Изменить размер шрифта - +
Но мы еще побеседуем с тобой.

Он вышел наружу, оставив одного эсэсовца стеречь меня. Присудок лежал тут же. Он то стонал, то впадал в беспамятство. Бальдур распоряжался во дворе. Теперь он вспомнил о Кощее, но того и след простыл.

Как угнетает солнечная тишина! Машин не слышно на шоссе, и птицы замолчали. Только листья чуть шелестят в знойном мареве...

Я вдруг подумал, что смерть сейчас не пугает меня. Надо же когда‑нибудь! Только вот этот танковый корпус... Куда он идет? Зачем? Этого я уже не узнаю... Из двери пышет как из печки. А тут не жарко. Только болит разбитая скула. И пить хочется, но не так мучительно, как в шепетовской комендатуре. Я тогда старался думать об Анни, чтобы забыть о воде... Теперь мысль об Анни, явившись, уже не оставляет меня. Я открываю глаза, и с темного потолка на меня смотрит Анни. Вот ее широкий ясный лоб и четкие брови. Губы улыбаются. Как хорошо я вижу твое лицо, Анни!

Ветерок повеял. Оказывается, запахи тоже бывают печальными. Горький запах... Это пахнут твои руки или, может быть, листья ореха?
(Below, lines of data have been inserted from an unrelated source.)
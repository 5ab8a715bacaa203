//! The log, the listing and the graph of one image.

ghost use Rattle.std.specs.Prelude.{IfOk};
ghost use Rattle.survey_commands.specs.Ends.{IsLookStatus};

use crate::failures::{SurveyError, no_slot_line};
use crate::files::read_image;
use control_flow::FlowError;
use exact_io::write_bytes;
use explorer::Refusal;
use image::{Image, ImageError};
use listeners::explain;
use messages::{Rejection, file_form_of, image_line, reason, verdict_line};
use std::alloc::{AllocError, Global};
use std::io;
use std::io::Write;
use std::rt::Files;
use surveys::{LookError, write_graph, write_listing, write_log};
use words::LogPart;

/// Says what is shown of an image.
#[derive(Clone, Copy, Drop)]
pub enum Look {
    /// The instructions that the search explores, or a part of them.
    Log(LogPart),
    Listing,
    Graph,
}

fn write_through<W: Write>(text: &str, out: &mut W) -> io::Result<()> {
    write_bytes(out, text.as_bytes())?;
    out.flush()
}

/// Writes a line to standard output, and all that waits before it, so that what standard error gets
/// comes after it.
pub fn say<W: Write>(alloc: Global, text: &str, out: &mut W) -> Result<(), SurveyError> {
    match write_through(text, out) {
        Ok(()) => Ok(()),
        Err(error) => Err(SurveyError::of_output(alloc, error.kind())),
    }
}

/// Says on standard error why bytes are not an image. After a failure nothing more is written.
fn tell_malformed<W: Write>(bytes: &[u8], error: ImageError, err: &mut W) -> io::Result<()> {
    let rejection = Rejection::Image(error, Some(file_form_of(bytes)));
    rejection.say(err)?;
    rejection.say_code(err)
}

/// Says that bytes are not an image, as `xdpvm verify` does.
pub fn say_malformed<W1: Write, W2: Write>(
    alloc: Global,
    bytes: &[u8],
    error: ImageError,
    out: &mut W1,
    err: &mut W2,
) -> Result<(), SurveyError> {
    let line = image_line(alloc, error)?;
    say(alloc, line.as_str(), out)?;
    let _ = tell_malformed(bytes, error, err);
    Ok(())
}

/// Says on standard error why a program is refused, the instruction, and what is known there. After
/// a failure nothing more is written.
pub fn tell<W: Write>(
    alloc: Global,
    image: &Image,
    refusal: Refusal,
    slot: usize,
    err: &mut W,
) -> io::Result<()> {
    let rejection = Rejection::Program(refusal, slot, image.at(slot).copied());
    rejection.say(err)?;
    let found = explain(alloc, image, refusal, slot, None);
    if let Some(known) = reason(alloc, image, refusal, slot, found) {
        write_bytes(err, known.as_bytes())?;
    }
    rejection.say_code(err)
}

fn write_look<W: Write>(
    alloc: Global,
    image: &Image,
    look: Look,
    out: &mut W,
) -> Result<(), LookError> {
    match look {
        Look::Log(part) => write_log(alloc, image, part.slot, part.states, out),
        Look::Listing => write_listing(alloc, image, out),
        Look::Graph => write_graph(alloc, image, out),
    }
}

/// Shows an image, and returns the status: 2 if it is refused. What `xdpvm verify` says of it is
/// said then, as far as standard error is told.
fn look_into<W1: Write, W2: Write>(
    alloc: Global,
    image: &Image,
    look: Look,
    is_told: bool,
    out: &mut W1,
    err: &mut W2,
) -> Result<u8, SurveyError>
    ensures { IfOk result IsLookStatus }
{
    match write_look(alloc, image, look, out) {
        Ok(()) => Ok(0),
        Err(LookError::Memory) => Err(SurveyError::Memory),
        Err(LookError::Refused(Refusal::Memory | Refusal::Flow(FlowError::Memory), _)) => Err(
            SurveyError::Memory,
        ),
        Err(LookError::Writer(kind)) => { Err(SurveyError::of_output(alloc, kind)) }
        Err(LookError::Refused(refusal, slot)) => {
            let line = verdict_line(alloc, refusal, slot)?;
            say(alloc, line.as_str(), out)?;
            if is_told {
                let _ = tell(alloc, image, refusal, slot, err);
            }
            Ok(2)
        }
    }
}

/// Says on standard error that the code has not got the slot whose log is wanted. Returns whether
/// standard error takes what is said.
fn say_slot<W: Write>(
    alloc: Global,
    image: &Image,
    look: Look,
    err: &mut W,
) -> Result<bool, AllocError> {
    if let Look::Log(
        LogPart {
            slot: Some(slot),
            ..
        },
    ) = look
    {
        let slots = image.slots();
        if slot >= slots {
            let line = no_slot_line(alloc, slot, slots)?;
            return Ok(write_bytes(err, line.as_bytes()).is_ok());
        }
    }
    Ok(true)
}

/// The image in a file. None: the bytes are no image, which is said.
pub fn image_in<R: Files + AllocGlobal, W1: Write, W2: Write>(
    rt: &R,
    path: &str,
    out: &mut W1,
    err: &mut W2,
) -> Result<Option<Image>, SurveyError> {
    let alloc = rt.alloc();
    let bytes = match read_image(rt, alloc, path) {
        Ok(bytes) => bytes,
        Err(error) => return Err(SurveyError::of_read(alloc, path, error.kind())),
    };
    match Image::parse(alloc, bytes.as_slice()) {
        Ok(image) => Ok(Some(image)),
        Err(ImageError::Memory) => Err(SurveyError::Memory),
        Err(error) => {
            say_malformed(alloc, bytes.as_slice(), error, out, err)?;
            Ok(None)
        }
    }
}

/// Shows the image in a file, and returns the status. Standard error is told of a slot that the
/// code has not got, and why an image is refused.
pub fn look_at<R: Files + AllocGlobal, W1: Write, W2: Write>(
    rt: &R,
    path: &str,
    look: Look,
    out: &mut W1,
    err: &mut W2,
) -> Result<u8, SurveyError>
    ensures { IfOk result IsLookStatus }
{
    let alloc = rt.alloc();
    match image_in(rt, path, out, err)? {
        Some(image) => {
            let is_told = say_slot(alloc, &image, look, err)?;
            look_into(alloc, &image, look, is_told, out, err)
        }
        None => Ok(2),
    }
}
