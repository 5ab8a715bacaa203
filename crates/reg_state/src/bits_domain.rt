//! Known bits as a domain.

ghost use Rattle.std.specs.Prelude.{◌≡◌, ◌≢◌, ℕ, ◌/◌, ◌^◌, ◌<◌, ◌≤◌};
ghost use Rattle.std.specs.Int.{bit_at};
ghost use Rattle.isa_model.specs.Code.Sizes.{width_bits};

use crate::domains::Domain;
use crate::low_bits::{plain_halves, plain_pair, same, signed_halves, signed_pair};
use isa_model::{AluOp, ByteOrder, Extension, SwapWidth, Width};
use known_bits::Bits;

impl Domain for Bits {
    ghost use Rattle.isa_model.specs.Code.Numbers.{alu};
    ghost use Rattle.known_bits.specs.Bits.{Has, IsConstant, IsSharp, IsPrecise, greatest_of};
    ghost use Rattle.reg_state.specs.Limits.{no_limits, bits_allows};
    ghost use Rattle.reg_state.specs.Constants.{any_inside, bits_constant_has, bits_constant_only};

    ghost has = { Has };

    ghost is_constant = { IsConstant };

    ghost encloses = { λ a b. (x : ℕ) → Has b x → Has a x };

    ghost limits = { λ w b. no_limits };

    ghost allows = { bits_allows };

    ghost ones = { λ b. b.value };

    ghost possible = { greatest_of };

    fn any(width: Width) -> Bits {
        Bits::any(width)
    }

    fn constant(number: u64) -> Bits {
        Bits::constant(number)
    }

    fn between(least: u64, greatest: u64) -> Bits
        requires { least ≤ greatest }
        ensures contains { (x : ℕ) → least ≤ x → x ≤ greatest → Has result x }
        ensures sharp { (i : ℕ) → bit_at result.mask i ≡ 1 → least / 2 ^ i ≢ greatest / 2 ^ i }
    {
        Bits::between(least, greatest)
    }

    fn number(self) -> Option<u64> {
        Bits::number(self)
    }

    fn greatest(self) -> u64 {
        Bits::greatest(self)
    }

    fn alu(op: AluOp, width: Width, a: Bits, b: Bits) -> Bits
        ensures contains { (x y : ℕ) → Has a x → Has b y → Has result (alu op width x y) }
        ensures exact { (u v : ℕ) → IsConstant a u → IsConstant b v
            → IsConstant result (alu op width u v) }
        ensures fits { (x : ℕ) → Has result x → x < 2 ^ width_bits width }
        ensures sharp { IsPrecise op b → IsSharp a b (alu op width) result.mask }
    {
        Bits::alu(op, width, a, b)
    }

    fn negate(width: Width, a: Bits) -> Bits {
        Bits::negate(width, a)
    }

    fn sign_extend(extension: Extension, a: Bits) -> Bits {
        Bits::sign_extend(extension, a)
    }

    fn reorder(order: ByteOrder, span: SwapWidth, a: Bits) -> Bits {
        Bits::reorder(order, span, a)
    }

    fn meet(self, other: Bits) -> Option<Bits> {
        Bits::meet(self, other)
    }

    fn covers(self, other: Bits) -> bool {
        Bits::covers(self, other)
    }

    fn equal(self, width: Width, other: Bits) -> Option<(Bits, Bits)> {
        match width {
            Width::Full64 => same(self, other),
            Width::Low32 => plain_pair(self, other, same(plain_halves(self), plain_halves(other))),
        }
    }

    fn below(self, width: Width, other: Bits) -> Option<(Bits, Bits)> {
        match width {
            Width::Full64 => Bits::below(self, other),
            Width::Low32 => plain_pair(
                self,
                other,
                Bits::below(plain_halves(self), plain_halves(other)),
            ),
        }
    }

    fn at_most(self, width: Width, other: Bits) -> Option<(Bits, Bits)> {
        match width {
            Width::Full64 => Bits::at_most(self, other),
            Width::Low32 => plain_pair(
                self,
                other,
                Bits::at_most(plain_halves(self), plain_halves(other)),
            ),
        }
    }

    fn signed_below(self, width: Width, other: Bits) -> Option<(Bits, Bits)> {
        match width {
            Width::Full64 => Bits::signed_below(self, other),
            Width::Low32 => signed_pair(
                self,
                other,
                Bits::signed_below(signed_halves(self), signed_halves(other)),
            ),
        }
    }

    fn signed_at_most(self, width: Width, other: Bits) -> Option<(Bits, Bits)> {
        match width {
            Width::Full64 => Bits::signed_at_most(self, other),
            Width::Low32 => signed_pair(
                self,
                other,
                Bits::signed_at_most(signed_halves(self), signed_halves(other)),
            ),
        }
    }

    fn unequal(self, width: Width, other: Bits) -> Option<(Bits, Bits)> {
        match width {
            Width::Full64 => Bits::unequal(self, other),
            Width::Low32 => plain_pair(
                self,
                other,
                Bits::unequal(plain_halves(self), plain_halves(other)),
            ),
        }
    }

    fn disjoint(self, width: Width, other: Bits) -> Option<(Bits, Bits)> {
        match width {
            Width::Full64 => Bits::disjoint(self, other),
            Width::Low32 => plain_pair(
                self,
                other,
                Bits::disjoint(plain_halves(self), plain_halves(other)),
            ),
        }
    }

    fn overlapping(self, width: Width, other: Bits) -> Option<(Bits, Bits)> {
        match width {
            Width::Full64 => Bits::overlapping(self, other),
            Width::Low32 => plain_pair(
                self,
                other,
                Bits::overlapping(plain_halves(self), plain_halves(other)),
            ),
        }
    }

    ghost in_register = { λ d x h. h.below };

    ghost inside = { λ d w x h. any_inside w x };

    ghost whole = { λ d x h. h };

    ghost contains_constant = { λ d u h c. bits_constant_has d u h c };

    ghost only_constant = { λ d u x c h. bits_constant_only d u x c h };
}
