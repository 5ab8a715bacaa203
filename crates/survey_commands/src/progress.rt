//! The progress of a survey, as a terminal shows it.

use exact_io::write_bytes;
use std::alloc::{AllocError, Global};
use std::io::Write;

/// Erases the progress line, when written before other lines.
const CLEARED: &str = "\r\x1b[K";

/// The progress of a survey.
#[derive(Clone, Copy, Drop)]
pub struct SurveyProgress {
    /// Says whether it is shown.
    is_shown: bool,
    /// Says how many images there are.
    total: usize,
    /// Says how many of them are judged.
    done: usize,
    /// The hundredths that were shown last.
    shown: usize,
}

impl SurveyProgress {
    /// Of this number of images, none is judged yet.
    pub fn of(total: usize, is_shown: bool) -> Self {
        SurveyProgress {
            is_shown,
            total,
            done: 0,
            shown: 100,
        }
    }

    fn line(&self, alloc: Global) -> Result<String, AllocError> {
        let (done, total) = (self.done, self.total);
        format!(in alloc; "{CLEARED}{done} of {total}")
    }

    /// Shows the progress, unless the same number of hundredths was shown last.
    pub fn show<W: Write>(&mut self, alloc: Global, err: &mut W) -> Result<(), AllocError> {
        if !self.is_shown || self.total == 0 {
            return Ok(());
        }
        let hundredths = self.done.saturating_mul(100) / self.total;
        if hundredths != self.shown {
            let line = self.line(alloc)?;
            let _ = write_bytes(err, line.as_bytes());
            self.shown = hundredths;
        }
        Ok(())
    }

    /// Clears what was shown.
    pub fn clear<W: Write>(&self, err: &mut W) {
        if self.is_shown {
            let _ = write_bytes(err, CLEARED.as_bytes());
        }
    }

    /// An image is judged.
    pub fn advance(&mut self) {
        self.done = self.done.saturating_add(1);
    }
}
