//! Writing the rows of a survey.

use crate::failures::SurveyError;
use crate::folders::NamedPath;
use exact_io::write_bytes;
use std::alloc::{AllocError, Global};
use std::fs;
use std::io::Write;
use std::rt::Files;
use survey_rows::{
    COLUMNS, Changes, Column, ColumnHead, EarlierError, Grid, Row, RowCell, RowLayout,
    change_heads, changes_since, csv_text, grid_of, grid_text, json_text, shown, shown_width, sort,
    widen_heads,
};
use words::{Format, Survey};

/// Of how many images differences are written at a time.
const PART: usize = 1024;

/// Says what is asked for, and how rows are laid out for it.
#[derive(Drop)]
pub struct Sheet<'a> {
    pub survey: &'a Survey<'a>,
    pub layout: RowLayout,
}

impl Sheet<'_> {
    /// Returns whether a row has to wait for the others, since rows are sorted or compared.
    pub fn has_to_wait(&self) -> bool {
        self.survey.sort.is_some() || self.survey.earlier.is_some()
    }
}

/// The columns of a survey.
fn columns_of(alloc: Global, survey: &Survey<'_>) -> Result<Vec<Column>, AllocError> {
    let has_tables = survey.tables.is_some();
    let mut columns = Vec::with_capacity(alloc, COLUMNS.len())?;
    for column in COLUMNS {
        if has_tables || !column.is_of_proof_tables() {
            columns.push(column)?;
        }
    }
    Ok(columns)
}

/// Returns how many characters the longest path of a file has, but at least as many as the name of
/// its column.
fn longest_of(named: &[NamedPath]) -> usize {
    let mut longest = Column::File.width();
    for named_path in named {
        longest = longest.max(shown_width(named_path.path.as_str()));
    }
    longest
}

/// Returns how the rows of these images are laid out.
pub fn sheet_of<'a>(
    alloc: Global,
    survey: &'a Survey<'a>,
    named: &[NamedPath],
) -> Result<Sheet<'a>, AllocError> {
    let columns = columns_of(alloc, survey)?;
    Ok(Sheet {
        survey,
        layout: RowLayout {
            columns,
            longest: longest_of(named),
            only_refused: survey.only_refused,
        },
    })
}

/// The text of a grid.
fn text_of(
    alloc: Global,
    format: Format,
    has_header: bool,
    grid: &Grid,
) -> Result<Vec<u8>, AllocError> {
    match format {
        Format::Csv => csv_text(alloc, grid, has_header),
        Format::Table => Ok(grid_text(alloc, grid, has_header)?.into_bytes()),
        Format::Json => Ok(json_text(alloc, grid)?.into_bytes()),
    }
}

fn write_grid<W: Write>(
    alloc: Global,
    sheet: &Sheet<'_>,
    has_header: bool,
    grid: &Grid,
    out: &mut W,
) -> Result<(), SurveyError> {
    let text = text_of(alloc, sheet.survey.format, has_header, grid)?;
    match write_bytes(out, text.as_slice()) {
        Ok(()) => Ok(()),
        Err(error) => Err(SurveyError::of_output(alloc, error.kind())),
    }
}

/// Writes the names of the columns if they are asked for, unless rows have to wait.
pub fn write_head<W: Write>(
    alloc: Global,
    sheet: &Sheet<'_>,
    out: &mut W,
) -> Result<(), SurveyError> {
    if sheet.has_to_wait() {
        return Ok(());
    }
    let grid = grid_of(alloc, &[], &sheet.layout)?;
    write_grid(alloc, sheet, sheet.survey.has_header, &grid, out)
}

/// One row.
fn one(alloc: Global, row: Row) -> Result<Vec<Row>, AllocError> {
    let mut rows = Vec::new(alloc);
    rows.push(row)?;
    Ok(rows)
}

/// Writes a row that need not wait.
pub fn write_row<W: Write>(
    alloc: Global,
    sheet: &Sheet<'_>,
    row: Row,
    out: &mut W,
) -> Result<(), SurveyError> {
    let rows = one(alloc, row)?;
    let grid = grid_of(alloc, rows.as_slice(), &sheet.layout)?;
    write_grid(alloc, sheet, false, &grid, out)
}

/// Returns why there is no comparison with the earlier survey in a file.
fn failure_of(alloc: Global, path: &str, error: EarlierError) -> Result<SurveyError, AllocError> {
    Ok(match error {
        EarlierError::Unread(kind) => SurveyError::of_read(alloc, path, kind),
        EarlierError::Memory => SurveyError::Memory,
        EarlierError::NoSurvey => {
            let path = shown(alloc, path)?;
            let line = format!(in alloc; "cannot compare with {path}: it is no survey as csv\n")?;
            SurveyError::File(line)
        }
    })
}

/// The differences from the earlier survey in a file.
fn compared<'a, R: Files>(
    rt: &R,
    alloc: Global,
    path: &str,
    rows: &'a [Row],
) -> Result<Changes<'a>, SurveyError> {
    let source = match fs::open(rt, path) {
        Ok(source) => source,
        Err(error) => return Err(SurveyError::of_read(alloc, path, error.kind())),
    };
    match changes_since(alloc, source, rows) {
        Ok(changes) => Ok(changes),
        Err(error) => Err(failure_of(alloc, path, error)?),
    }
}

/// In how many parts differences are written, of which the last one may be empty.
fn parts_of(changes: &Changes<'_>) -> usize {
    changes.len() / PART + 1
}

/// The rows of a part.
fn part_rows(
    alloc: Global,
    changes: &Changes<'_>,
    part: usize,
) -> Result<Vec<Vec<RowCell>>, AllocError> {
    let from = part.saturating_mul(PART);
    let to = from.saturating_add(PART).min(changes.len());
    changes.rows(alloc, from, to)
}

/// The heads of differences, as wide as text for people needs them if that is asked for.
fn heads_of(
    alloc: Global,
    sheet: &Sheet<'_>,
    changes: &Changes<'_>,
) -> Result<Vec<ColumnHead>, AllocError> {
    let mut heads = change_heads(alloc)?;
    if sheet.survey.format != Format::Table {
        return Ok(heads);
    }
    if !sheet.survey.has_header {
        for head in heads.iter_mut() {
            head.name = "";
        }
    }
    for part in 0..parts_of(changes) {
        let rows = part_rows(alloc, changes, part)?;
        widen_heads(alloc, heads.as_mut_slice(), rows.as_slice())?;
    }
    Ok(heads)
}

/// Writes the differences, a part of them at a time.
fn write_changes<W: Write>(
    alloc: Global,
    sheet: &Sheet<'_>,
    changes: &Changes<'_>,
    out: &mut W,
) -> Result<(), SurveyError> {
    let mut grid = Grid {
        heads: heads_of(alloc, sheet, changes)?,
        rows: Vec::new(alloc),
    };
    if sheet.survey.has_header {
        write_grid(alloc, sheet, true, &grid, out)?;
    }
    for part in 0..parts_of(changes) {
        grid.rows = part_rows(alloc, changes, part)?;
        write_grid(alloc, sheet, false, &grid, out)?;
    }
    Ok(())
}

/// Writes the differences of rows from the earlier survey in a file.
fn write_differences<R: Files, W: Write>(
    rt: &R,
    alloc: Global,
    sheet: &Sheet<'_>,
    path: &str,
    rows: &[Row],
    out: &mut W,
) -> Result<(), SurveyError> {
    let changes = compared(rt, alloc, path, rows)?;
    write_changes(alloc, sheet, &changes, out)
}

/// Writes rows.
fn write_rows<W: Write>(
    alloc: Global,
    sheet: &Sheet<'_>,
    rows: &[Row],
    out: &mut W,
) -> Result<(), SurveyError> {
    let grid = grid_of(alloc, rows, &sheet.layout)?;
    write_grid(alloc, sheet, sheet.survey.has_header, &grid, out)
}

/// Writes the rows that waited, in their order, or the differences from an earlier survey.
pub fn write_waiting<R: Files + AllocGlobal, W: Write>(
    rt: &R,
    sheet: &Sheet<'_>,
    rows: &mut Vec<Row>,
    out: &mut W,
) -> Result<(), SurveyError> {
    if !sheet.has_to_wait() {
        return Ok(());
    }
    let alloc = rt.alloc();
    if let Some(column) = sheet.survey.sort {
        sort(rows, column)?;
    }
    match sheet.survey.earlier {
        Some(path) => write_differences(rt, alloc, sheet, path, rows.as_slice(), out),
        None => write_rows(alloc, sheet, rows.as_slice(), out),
    }
}
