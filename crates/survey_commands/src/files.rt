//! Reading as much of a file as an image can have.

use isa_model::{MAX_MAPS, MAX_SLOTS};
use std::alloc::Global;
use std::io::Read;
use std::rt::Files;
use std::{fs, io};

// One byte more than the longest image has. A longer file is refused whatever the rest of it is.
const PAST_ANY_IMAGE: u64 = 8 + 12 * MAX_MAPS as u64 + 8 * MAX_SLOTS as u64 + 1;

fn read_all<S: Read + Drop>(alloc: Global, mut source: S) -> io::Result<Vec<u8>> {
    let mut bytes = Vec::new(alloc);
    source.read_to_end(&mut bytes)?;
    Ok(bytes)
}

/// The first bytes of a file, at most one more than the longest image has.
pub fn read_image<R: Files>(rt: &R, alloc: Global, path: &str) -> io::Result<Vec<u8>> {
    let source = fs::open(rt, path)?;
    read_all(alloc, source.take(PAST_ANY_IMAGE))
}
У этого дерева гладкая, прохладная кожа. Если бы прикоснуться к ней щекой... Ты пахнешь листьями ореха, Анни?..

Я всматриваюсь до боли в ее лицо на потолке, зыбкое, как отражение в воде. Мне хочется услышать голос, и я слышу его. Сейчас мне можно все. И скользит, мерцает светлая мелодия. А слова? «Entbehren sollst du! Sollst entbehren!»[90]

Почему я должен отказаться? Хочу жить! Хочу купаться в реке! Хочу видеть солнце, а не блики на потолке сарая. И нет Анни! Полутемная клуня, прелая солома и немец в соломенно‑желтой форме. Он задремал на ящике из‑под пива. Поставил между колен автомат. Даже подползти к нему я не могу. Я ничего не могу — только мыслить. Но пока мыслю, линия фронта проходит через дверь этого сарая, через мое сердце, раз оно еще бьется.

Я закрыл глаза, сжал веки... И грянул гром. Гром среди ясного неба, как тогда, когда отец скомандовал: «Все — от моста!.. Взрыв!» Потому что это был действительно взрыв. За ним — второй, третий, и сливающийся перестук автоматов. Мой сторож вскочил и упал, не вскрикнув, на пороге клуни. А там, в корчме, грохотали выстрелы, рвались гранаты. Пыль встала во дворе золотым туманом, и из него появились двое. Нож полоснул по веревкам.

— Алешка! Живой! Держи! — Голованов сунул мне в руки автомат убитого.

Кощей помог подняться. Вдруг он насторожился. Ржавая солома шевелилась. Там копошился человек. Кощей вытянул его за ногу, безразлично спросил:

— А, це ти?

Он поднял в углу лом и с выдохом ударил вниз, как скалывают лед. Потом вышел вслед за мной. Двор был полон народа. Партизаны окружили горящую корчму. Прозрачные в солнечном свете языки пламени скользили по стекам. Бурые клубы поднимались над кровлей. Запашный, еще разгоряченный боем, кинулся ко мне:

— А що, таки вчасно поспіли, хай йому грець!

Он был совсем таким, как тогда, на льдине, только золотой чуб стал тусклым от седины и гари.

— Сколько немцев было? — спросил Сергий у шинкаря.

— Семеро.

— Один — тут, унтер — в комopi, — деловито считал Сергий, — шофер — під машиною, ще один — в клуні…

Партизаны выволокли из горящей корчмы еще двоих эсэсовцев в дымящейся одежде. Голованов бросился прыжком на одного из них, схватил за глотку:

— Шоммер!

Мы с трудом оттащили его от Бальдура.

— Это ж Шоммер... — хрипел Голованов, — ...который Катю замучил.

Я подошел к Бальдуру:

— Раздевайся!

Он презрительно посмотрел на меня, сказал сквозь зубы:

— Жаль, что я тебя сразу не расстрелял.

— Раздевайся, говорят тебе!

Партизаны уже стаскивали с него мундир.